Other Business Activities

 

In addition to the segments identified above, the Company provides corporate strategy and business development services, food and beverage services, asset management services, corporate restructuring and leveraged buy-out expertise. These service offerings build relationships with promising companies for potential future collaboration and expansion. We believe that our other business activities complement our three principal businesses.

 

The Company’s other business activities segment is primarily comprised of Alset International, SeD Capital Pte.
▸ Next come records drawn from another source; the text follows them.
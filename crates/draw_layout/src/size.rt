//! How large the network of an expression is.

use crate::tree::part_of;
use diagram_program::geometry::{COLUMNS, ROWS};
use st_expression::Expression;
use st_statements::constant_of;

/// The columns and the rows that a network takes.
#[derive(Clone, Copy)]
pub(crate) struct Size {
    pub(crate) width: usize,
    pub(crate) height: usize,
}

/// A wire that isn't drawn.
pub(crate) const NOTHING: Size = Size {
    width: 0,
    height: 0,
};

/// One contact.
pub(crate) const CONTACT: Size = Size {
    width: 1,
    height: 1,
};

/// Two contacts in series, and below them both inverted.
pub(crate) const CROSSED: Size = Size {
    width: 2,
    height: 2,
};

/// The largest network of a rung. The column behind it has the coil.
pub(crate) const LARGEST: Size = Size {
    width: COLUMNS - 1,
    height: ROWS,
};

/// The size of two networks in series or, where they aren't, one below the other.
pub(crate) fn joined(is_series: bool, first: Size, second: Size) -> Size {
    if is_series {
        Size {
            width: first.width.saturating_add(second.width),
            height: first.height.max(second.height),
        }
    } else {
        Size {
            width: first.width.max(second.width),
            height: first.height.saturating_add(second.height),
        }
    }
}

/// The size of an expression that needs no look at its parts: one that a helper stands for, or a constant.
pub(crate) fn small_size(expression: &Expression, parts: &[&Expression]) -> Option<Size> {
    if part_of(parts, expression).is_some() {
        return Some(CONTACT);
    }
    match constant_of(expression) {
        Some(_) => Some(NOTHING),
        None => None,
    }
}

/// The size of the network that is an expression, or its inverse where it isn't `on`, with helpers for these parts.
pub(crate) fn size_of(expression: &Expression, on: bool, parts: &[&Expression]) -> Size {
    if let Some(size) = small_size(expression, parts) {
        return size;
    }
    match expression {
        Expression::Constant(_) => NOTHING,
        Expression::Operand(_) => CONTACT,
        Expression::Not(a) => size_of(a, !on, parts),
        Expression::And(a, b) => joined(on, size_of(a, on, parts), size_of(b, on, parts)),
        Expression::Or(a, b) => joined(!on, size_of(a, on, parts), size_of(b, on, parts)),
        Expression::Equal(a, b) | Expression::Exclusive(a, b) => {
            let is_exclusive = matches!(expression, Expression::Exclusive(_, _)) == on;
            match (constant_of(a), constant_of(b)) {
                (Some(value), _) => size_of(b, is_exclusive != value, parts),
                (_, Some(value)) => size_of(a, is_exclusive != value, parts),
                _ => CROSSED,
            }
        }
    }
}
Ltd., BMI Capital Partners International Limited, Singapore Construction & Development Pte. Ltd. and food and beverage part of HWH International Inc.

 

The Company, through Alset F&B One Pte. Ltd. (“Alset F&B One”) and Alset F&B (PLQ) Pte. Ltd. (“Alset F&B PLQ”) each acquired a restaurant franchise licenses at the end of 2021 and 2022, respectively, both of which have since commenced operations. These licenses will allow Alset F&B One and Alset F&B PLQ each to operate a Killiney Kopitiam restaurant in Singapore. Killiney Kopitiam, founded in 1919, is a Singapore-based chain of mass-market, traditional kopitiam style service cafes selling traditional coffee and tea, along with a range of local delicacies such as Curry Chicken, Laksa, Mee Siam, and Mee Rebus.

 

In the second quarter of 2024, the Company ceased operations of its subsidiary Alset F&B (PLQ) Pte. Ltd. Due to the closure of this subsidiary the Company wrote off $5,820 of fixed assets, which is included in general and administrative expenses and recorded a gain on termination of lease of $246, which is included in other income on the Company’s Statement of Operations for the year ended December 31, 2024.

  

The Company, through Hapi Café Inc. (“HCI-T”), commenced operation of two cafés during 2022 and 2021, which are located in Singapore and South Korea.

 

 

The cafes are operated by subsidiaries of HCI-T, namely Hapi Café SG Pte. Limited (“HCSG”) in Singapore and Hapi Café Korea Inc. (“HCKI”) in Seoul, South Korea. Hapi Cafes are distinctive lifestyle café outlets that strive to revolutionize the way individuals dine, work, and live, by providing a conducive environment for everyone to relish the four facets – health and wellness, fitness, productivity, and recreation all under one roof. On September 13, 2025, the Company ceased operations of its subsidiary Hapi Café Korea Inc.

 

In 2023, the Company incorporated new subsidiaries Guangdong LeFu Wealth Investment Consulting Co., Ltd. (f.k.a. Shenzhen Leyouyou Catering Management Co., Ltd.) and Dongguan Leyouyou Catering Management Co., Ltd. in the People’s Republic of China. These companies will be principally engaged in the food and beverage business in Mainland China.

 

Additionally, through its subsidiary Hapi Group HK Limited (f.k.a. MOC HK Limited), the Company is focusing on operating café business in Hong Kong. This business was acquired on October 5, 2022. During the acquisition, a goodwill of $60,343 had been generated for the Company. The café was closed on September 16, 2024 and the goodwill was impaired during the year ended December 31, 2024.

 

In addition to above, the Company operates a portfolio of trading securities with the objective of generating profits from short-term fluctuations in market prices. The portfolio is actively managed, and securities are bought and sold with the intent to realize gains from price movements within a short-term horizon.